Prompt:
Among the records below, find each line bearing the word "HostRuntime" and copy it.

Records for the task:
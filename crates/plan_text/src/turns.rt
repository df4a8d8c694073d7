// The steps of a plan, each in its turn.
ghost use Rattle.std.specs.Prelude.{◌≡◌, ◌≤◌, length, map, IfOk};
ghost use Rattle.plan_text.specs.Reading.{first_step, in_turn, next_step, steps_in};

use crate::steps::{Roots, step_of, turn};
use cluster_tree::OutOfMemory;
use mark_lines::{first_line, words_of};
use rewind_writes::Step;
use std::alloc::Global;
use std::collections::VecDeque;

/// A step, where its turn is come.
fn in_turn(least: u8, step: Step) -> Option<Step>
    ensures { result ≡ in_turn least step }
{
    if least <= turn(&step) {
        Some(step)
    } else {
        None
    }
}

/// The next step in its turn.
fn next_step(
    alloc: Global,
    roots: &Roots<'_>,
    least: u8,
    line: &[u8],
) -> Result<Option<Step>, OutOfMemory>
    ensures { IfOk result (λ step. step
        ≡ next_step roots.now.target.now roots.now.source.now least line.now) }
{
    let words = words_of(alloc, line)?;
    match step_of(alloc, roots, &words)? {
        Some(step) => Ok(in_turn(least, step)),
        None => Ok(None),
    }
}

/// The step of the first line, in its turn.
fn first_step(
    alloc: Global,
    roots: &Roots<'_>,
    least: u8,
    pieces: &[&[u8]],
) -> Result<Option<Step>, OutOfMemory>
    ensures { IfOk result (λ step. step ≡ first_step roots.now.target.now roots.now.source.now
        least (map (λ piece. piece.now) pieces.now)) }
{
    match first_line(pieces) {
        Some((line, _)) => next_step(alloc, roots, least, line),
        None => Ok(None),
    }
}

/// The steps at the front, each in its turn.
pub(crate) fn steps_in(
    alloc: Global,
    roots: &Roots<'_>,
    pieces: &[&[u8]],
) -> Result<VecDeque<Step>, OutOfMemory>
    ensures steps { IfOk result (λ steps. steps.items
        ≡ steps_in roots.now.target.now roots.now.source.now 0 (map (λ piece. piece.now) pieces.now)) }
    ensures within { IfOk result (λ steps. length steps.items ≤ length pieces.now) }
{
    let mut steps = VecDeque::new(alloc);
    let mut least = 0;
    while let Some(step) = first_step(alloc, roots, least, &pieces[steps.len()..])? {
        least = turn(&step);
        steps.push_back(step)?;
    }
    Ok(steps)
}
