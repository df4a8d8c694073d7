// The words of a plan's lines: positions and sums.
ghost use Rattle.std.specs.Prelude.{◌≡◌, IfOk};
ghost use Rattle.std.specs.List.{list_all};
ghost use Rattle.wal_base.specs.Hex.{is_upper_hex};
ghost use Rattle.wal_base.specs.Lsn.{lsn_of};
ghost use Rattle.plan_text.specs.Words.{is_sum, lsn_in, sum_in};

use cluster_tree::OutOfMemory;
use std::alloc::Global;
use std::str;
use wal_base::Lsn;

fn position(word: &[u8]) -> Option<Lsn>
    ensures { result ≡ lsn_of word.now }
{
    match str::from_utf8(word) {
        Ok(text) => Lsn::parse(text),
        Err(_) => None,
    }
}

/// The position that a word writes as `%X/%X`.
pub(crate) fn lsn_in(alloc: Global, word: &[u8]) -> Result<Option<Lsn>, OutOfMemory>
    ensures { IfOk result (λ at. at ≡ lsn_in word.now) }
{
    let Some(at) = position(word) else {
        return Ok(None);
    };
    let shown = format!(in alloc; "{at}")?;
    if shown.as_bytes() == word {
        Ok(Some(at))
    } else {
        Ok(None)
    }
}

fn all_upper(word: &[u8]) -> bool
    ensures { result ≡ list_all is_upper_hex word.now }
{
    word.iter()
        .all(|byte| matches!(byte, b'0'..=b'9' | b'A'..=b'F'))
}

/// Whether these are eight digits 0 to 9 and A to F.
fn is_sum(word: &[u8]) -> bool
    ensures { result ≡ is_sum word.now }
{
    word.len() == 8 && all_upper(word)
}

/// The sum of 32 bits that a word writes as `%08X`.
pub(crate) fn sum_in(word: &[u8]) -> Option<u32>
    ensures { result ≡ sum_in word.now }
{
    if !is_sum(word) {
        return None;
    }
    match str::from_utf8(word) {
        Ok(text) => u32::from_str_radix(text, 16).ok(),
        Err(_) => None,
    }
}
* * *
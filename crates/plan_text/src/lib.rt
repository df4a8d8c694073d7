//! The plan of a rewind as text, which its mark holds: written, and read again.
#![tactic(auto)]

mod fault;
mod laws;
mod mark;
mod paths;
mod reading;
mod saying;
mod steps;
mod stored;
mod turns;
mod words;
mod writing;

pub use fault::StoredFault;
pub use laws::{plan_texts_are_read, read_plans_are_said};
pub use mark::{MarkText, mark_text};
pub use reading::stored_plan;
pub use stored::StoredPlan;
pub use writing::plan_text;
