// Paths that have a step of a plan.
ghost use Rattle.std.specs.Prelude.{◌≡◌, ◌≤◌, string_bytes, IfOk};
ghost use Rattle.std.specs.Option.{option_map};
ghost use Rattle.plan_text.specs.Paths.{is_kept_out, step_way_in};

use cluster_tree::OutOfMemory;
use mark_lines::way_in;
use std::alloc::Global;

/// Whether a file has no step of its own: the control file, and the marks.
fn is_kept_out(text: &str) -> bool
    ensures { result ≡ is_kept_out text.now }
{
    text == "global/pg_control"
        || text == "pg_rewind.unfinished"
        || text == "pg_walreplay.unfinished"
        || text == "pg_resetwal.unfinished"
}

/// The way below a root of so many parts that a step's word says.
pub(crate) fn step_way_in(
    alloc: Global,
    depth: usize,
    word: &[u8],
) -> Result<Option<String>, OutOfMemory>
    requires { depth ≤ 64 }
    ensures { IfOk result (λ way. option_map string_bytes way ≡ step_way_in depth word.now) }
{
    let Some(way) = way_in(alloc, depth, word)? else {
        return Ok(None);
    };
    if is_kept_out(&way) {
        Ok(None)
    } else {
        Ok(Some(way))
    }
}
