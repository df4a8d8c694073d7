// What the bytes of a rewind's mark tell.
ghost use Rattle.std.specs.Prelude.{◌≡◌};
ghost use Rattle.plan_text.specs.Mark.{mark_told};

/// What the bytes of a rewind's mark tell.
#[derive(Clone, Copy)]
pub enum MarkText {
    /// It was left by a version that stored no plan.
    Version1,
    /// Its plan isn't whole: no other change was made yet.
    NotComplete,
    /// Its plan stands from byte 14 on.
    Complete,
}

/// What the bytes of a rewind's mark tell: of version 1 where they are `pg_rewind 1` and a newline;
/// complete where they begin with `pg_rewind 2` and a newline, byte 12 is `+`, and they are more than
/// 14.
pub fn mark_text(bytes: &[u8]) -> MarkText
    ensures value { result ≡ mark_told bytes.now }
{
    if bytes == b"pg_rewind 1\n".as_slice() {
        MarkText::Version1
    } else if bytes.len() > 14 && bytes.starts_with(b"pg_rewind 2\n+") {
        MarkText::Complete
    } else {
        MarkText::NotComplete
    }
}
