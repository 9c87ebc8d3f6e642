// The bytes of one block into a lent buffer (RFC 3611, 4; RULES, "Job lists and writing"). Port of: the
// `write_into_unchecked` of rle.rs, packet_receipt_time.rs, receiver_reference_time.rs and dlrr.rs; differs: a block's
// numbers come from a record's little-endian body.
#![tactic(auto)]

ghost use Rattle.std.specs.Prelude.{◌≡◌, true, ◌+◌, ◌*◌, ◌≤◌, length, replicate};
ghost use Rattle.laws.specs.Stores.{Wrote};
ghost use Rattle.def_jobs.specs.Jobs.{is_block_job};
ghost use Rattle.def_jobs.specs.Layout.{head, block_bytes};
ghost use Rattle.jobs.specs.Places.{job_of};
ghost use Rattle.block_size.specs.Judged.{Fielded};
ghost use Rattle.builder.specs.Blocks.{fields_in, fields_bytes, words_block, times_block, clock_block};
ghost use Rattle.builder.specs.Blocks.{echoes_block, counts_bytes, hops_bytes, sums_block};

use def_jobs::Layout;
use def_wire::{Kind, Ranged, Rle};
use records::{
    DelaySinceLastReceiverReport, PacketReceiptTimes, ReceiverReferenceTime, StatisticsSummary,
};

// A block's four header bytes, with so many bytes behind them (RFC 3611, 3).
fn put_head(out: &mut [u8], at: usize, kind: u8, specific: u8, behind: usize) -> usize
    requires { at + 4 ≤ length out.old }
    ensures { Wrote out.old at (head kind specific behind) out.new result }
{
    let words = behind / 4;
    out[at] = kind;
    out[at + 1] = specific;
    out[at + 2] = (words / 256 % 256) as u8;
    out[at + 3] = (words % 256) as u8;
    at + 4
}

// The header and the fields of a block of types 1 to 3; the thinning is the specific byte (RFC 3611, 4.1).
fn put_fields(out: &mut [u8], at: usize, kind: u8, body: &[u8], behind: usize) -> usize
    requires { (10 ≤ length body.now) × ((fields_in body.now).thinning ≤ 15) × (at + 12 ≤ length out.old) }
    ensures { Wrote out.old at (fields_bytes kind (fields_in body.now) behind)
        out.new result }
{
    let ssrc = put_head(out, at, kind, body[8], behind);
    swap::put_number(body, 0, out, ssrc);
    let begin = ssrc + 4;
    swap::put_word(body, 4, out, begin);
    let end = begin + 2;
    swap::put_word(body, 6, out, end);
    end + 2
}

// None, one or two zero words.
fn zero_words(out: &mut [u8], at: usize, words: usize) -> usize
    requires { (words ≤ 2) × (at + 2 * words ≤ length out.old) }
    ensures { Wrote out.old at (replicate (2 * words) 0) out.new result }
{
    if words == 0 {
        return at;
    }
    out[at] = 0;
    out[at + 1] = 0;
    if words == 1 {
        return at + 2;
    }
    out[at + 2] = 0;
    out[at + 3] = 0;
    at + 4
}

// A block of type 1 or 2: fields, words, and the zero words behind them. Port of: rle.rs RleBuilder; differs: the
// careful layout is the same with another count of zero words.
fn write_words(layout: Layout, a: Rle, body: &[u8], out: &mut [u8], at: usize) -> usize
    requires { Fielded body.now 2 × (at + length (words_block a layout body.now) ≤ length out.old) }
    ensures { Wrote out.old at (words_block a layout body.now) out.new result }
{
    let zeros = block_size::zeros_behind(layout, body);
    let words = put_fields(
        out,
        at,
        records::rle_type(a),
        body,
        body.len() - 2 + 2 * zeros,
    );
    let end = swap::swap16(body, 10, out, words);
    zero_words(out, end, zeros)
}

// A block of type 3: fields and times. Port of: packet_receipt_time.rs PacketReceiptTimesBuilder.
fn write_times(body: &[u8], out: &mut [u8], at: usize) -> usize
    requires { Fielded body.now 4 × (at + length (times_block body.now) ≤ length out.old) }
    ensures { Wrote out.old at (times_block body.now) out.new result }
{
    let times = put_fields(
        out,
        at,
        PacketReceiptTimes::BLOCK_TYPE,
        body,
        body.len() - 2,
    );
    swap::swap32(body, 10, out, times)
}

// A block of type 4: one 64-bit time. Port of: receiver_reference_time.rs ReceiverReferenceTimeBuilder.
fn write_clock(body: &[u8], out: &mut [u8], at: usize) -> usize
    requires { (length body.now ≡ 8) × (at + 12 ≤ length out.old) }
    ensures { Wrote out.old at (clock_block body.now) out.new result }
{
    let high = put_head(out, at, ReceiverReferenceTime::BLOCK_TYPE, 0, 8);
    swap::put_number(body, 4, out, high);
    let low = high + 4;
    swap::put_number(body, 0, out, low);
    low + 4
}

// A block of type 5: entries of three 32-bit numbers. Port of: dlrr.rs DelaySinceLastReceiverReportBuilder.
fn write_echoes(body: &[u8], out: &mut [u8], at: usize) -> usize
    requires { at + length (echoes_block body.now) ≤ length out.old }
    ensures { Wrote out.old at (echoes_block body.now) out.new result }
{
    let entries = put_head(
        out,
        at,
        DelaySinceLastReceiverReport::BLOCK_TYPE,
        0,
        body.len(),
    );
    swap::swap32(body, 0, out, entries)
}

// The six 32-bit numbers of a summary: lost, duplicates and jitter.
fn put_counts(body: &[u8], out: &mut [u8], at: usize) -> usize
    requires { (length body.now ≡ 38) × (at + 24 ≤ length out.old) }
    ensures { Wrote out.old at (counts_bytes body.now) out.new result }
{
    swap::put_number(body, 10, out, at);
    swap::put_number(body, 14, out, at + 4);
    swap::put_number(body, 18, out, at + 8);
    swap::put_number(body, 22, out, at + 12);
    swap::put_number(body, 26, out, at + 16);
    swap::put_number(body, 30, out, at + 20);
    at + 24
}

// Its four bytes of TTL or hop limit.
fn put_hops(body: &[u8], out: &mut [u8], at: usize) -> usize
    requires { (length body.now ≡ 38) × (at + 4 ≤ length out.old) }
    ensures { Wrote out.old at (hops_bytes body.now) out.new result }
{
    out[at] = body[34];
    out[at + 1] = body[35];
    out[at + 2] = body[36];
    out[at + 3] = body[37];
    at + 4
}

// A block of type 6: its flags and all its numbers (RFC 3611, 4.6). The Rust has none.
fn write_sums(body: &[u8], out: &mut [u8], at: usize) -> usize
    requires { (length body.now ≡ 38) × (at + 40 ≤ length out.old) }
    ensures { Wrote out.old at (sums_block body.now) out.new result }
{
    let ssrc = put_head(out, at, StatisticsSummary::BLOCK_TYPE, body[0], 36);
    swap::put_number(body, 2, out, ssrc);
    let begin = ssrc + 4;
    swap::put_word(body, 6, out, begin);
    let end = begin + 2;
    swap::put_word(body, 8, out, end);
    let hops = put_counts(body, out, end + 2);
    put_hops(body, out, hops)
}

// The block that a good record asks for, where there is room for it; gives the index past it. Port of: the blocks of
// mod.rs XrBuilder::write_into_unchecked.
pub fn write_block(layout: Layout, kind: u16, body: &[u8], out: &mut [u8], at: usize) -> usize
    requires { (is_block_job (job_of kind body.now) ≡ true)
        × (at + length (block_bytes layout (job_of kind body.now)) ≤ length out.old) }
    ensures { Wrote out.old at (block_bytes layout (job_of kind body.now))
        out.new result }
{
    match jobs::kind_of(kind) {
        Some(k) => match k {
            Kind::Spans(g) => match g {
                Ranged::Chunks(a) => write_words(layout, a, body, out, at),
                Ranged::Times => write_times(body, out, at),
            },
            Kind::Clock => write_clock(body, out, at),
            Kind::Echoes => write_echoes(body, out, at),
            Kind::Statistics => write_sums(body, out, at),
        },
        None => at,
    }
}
==
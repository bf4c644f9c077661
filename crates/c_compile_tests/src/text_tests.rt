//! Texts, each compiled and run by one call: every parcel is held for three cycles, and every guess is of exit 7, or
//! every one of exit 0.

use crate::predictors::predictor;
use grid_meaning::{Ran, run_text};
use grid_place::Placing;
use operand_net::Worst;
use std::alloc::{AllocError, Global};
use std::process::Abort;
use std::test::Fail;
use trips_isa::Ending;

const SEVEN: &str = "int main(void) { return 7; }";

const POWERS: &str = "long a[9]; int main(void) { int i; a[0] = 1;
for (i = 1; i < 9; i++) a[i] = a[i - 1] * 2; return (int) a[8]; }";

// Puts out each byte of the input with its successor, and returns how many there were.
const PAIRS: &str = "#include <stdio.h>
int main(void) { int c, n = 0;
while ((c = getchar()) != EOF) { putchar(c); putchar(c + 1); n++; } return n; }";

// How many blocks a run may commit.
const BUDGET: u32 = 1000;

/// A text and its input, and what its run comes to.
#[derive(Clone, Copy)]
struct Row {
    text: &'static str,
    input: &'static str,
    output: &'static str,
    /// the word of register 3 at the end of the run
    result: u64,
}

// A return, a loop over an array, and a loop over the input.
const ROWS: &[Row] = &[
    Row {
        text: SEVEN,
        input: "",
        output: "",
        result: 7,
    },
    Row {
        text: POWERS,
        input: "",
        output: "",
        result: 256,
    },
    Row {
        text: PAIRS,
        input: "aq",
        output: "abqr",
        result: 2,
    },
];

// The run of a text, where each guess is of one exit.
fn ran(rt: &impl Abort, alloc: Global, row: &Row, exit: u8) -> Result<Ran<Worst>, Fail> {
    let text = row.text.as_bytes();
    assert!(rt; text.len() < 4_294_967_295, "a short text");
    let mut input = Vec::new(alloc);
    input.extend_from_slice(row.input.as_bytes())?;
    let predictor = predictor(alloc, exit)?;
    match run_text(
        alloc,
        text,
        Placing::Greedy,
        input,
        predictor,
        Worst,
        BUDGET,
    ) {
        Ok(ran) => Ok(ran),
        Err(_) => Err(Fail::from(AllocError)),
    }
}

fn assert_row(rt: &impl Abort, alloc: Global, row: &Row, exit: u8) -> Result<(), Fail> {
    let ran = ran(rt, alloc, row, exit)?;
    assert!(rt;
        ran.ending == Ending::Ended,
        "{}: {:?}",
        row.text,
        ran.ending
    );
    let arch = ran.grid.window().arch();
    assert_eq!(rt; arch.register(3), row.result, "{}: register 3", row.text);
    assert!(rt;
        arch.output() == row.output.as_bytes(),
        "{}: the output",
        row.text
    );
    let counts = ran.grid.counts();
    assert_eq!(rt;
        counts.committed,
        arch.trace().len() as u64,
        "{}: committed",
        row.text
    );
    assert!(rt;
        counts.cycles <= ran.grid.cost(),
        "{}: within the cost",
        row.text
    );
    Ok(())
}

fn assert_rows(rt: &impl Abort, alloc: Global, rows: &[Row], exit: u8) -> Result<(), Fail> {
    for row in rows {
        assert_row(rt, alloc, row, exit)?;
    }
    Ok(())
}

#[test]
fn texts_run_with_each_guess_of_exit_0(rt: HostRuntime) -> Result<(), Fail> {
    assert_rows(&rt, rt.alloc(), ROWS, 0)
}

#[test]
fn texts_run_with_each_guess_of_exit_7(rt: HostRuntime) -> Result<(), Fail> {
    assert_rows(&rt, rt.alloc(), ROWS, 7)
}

Response area:
fn texts_run_with_each_guess_of_exit_0(rt: HostRuntime) -> Result<(), Fail> {
fn texts_run_with_each_guess_of_exit_7(rt: HostRuntime) -> Result<(), Fail> {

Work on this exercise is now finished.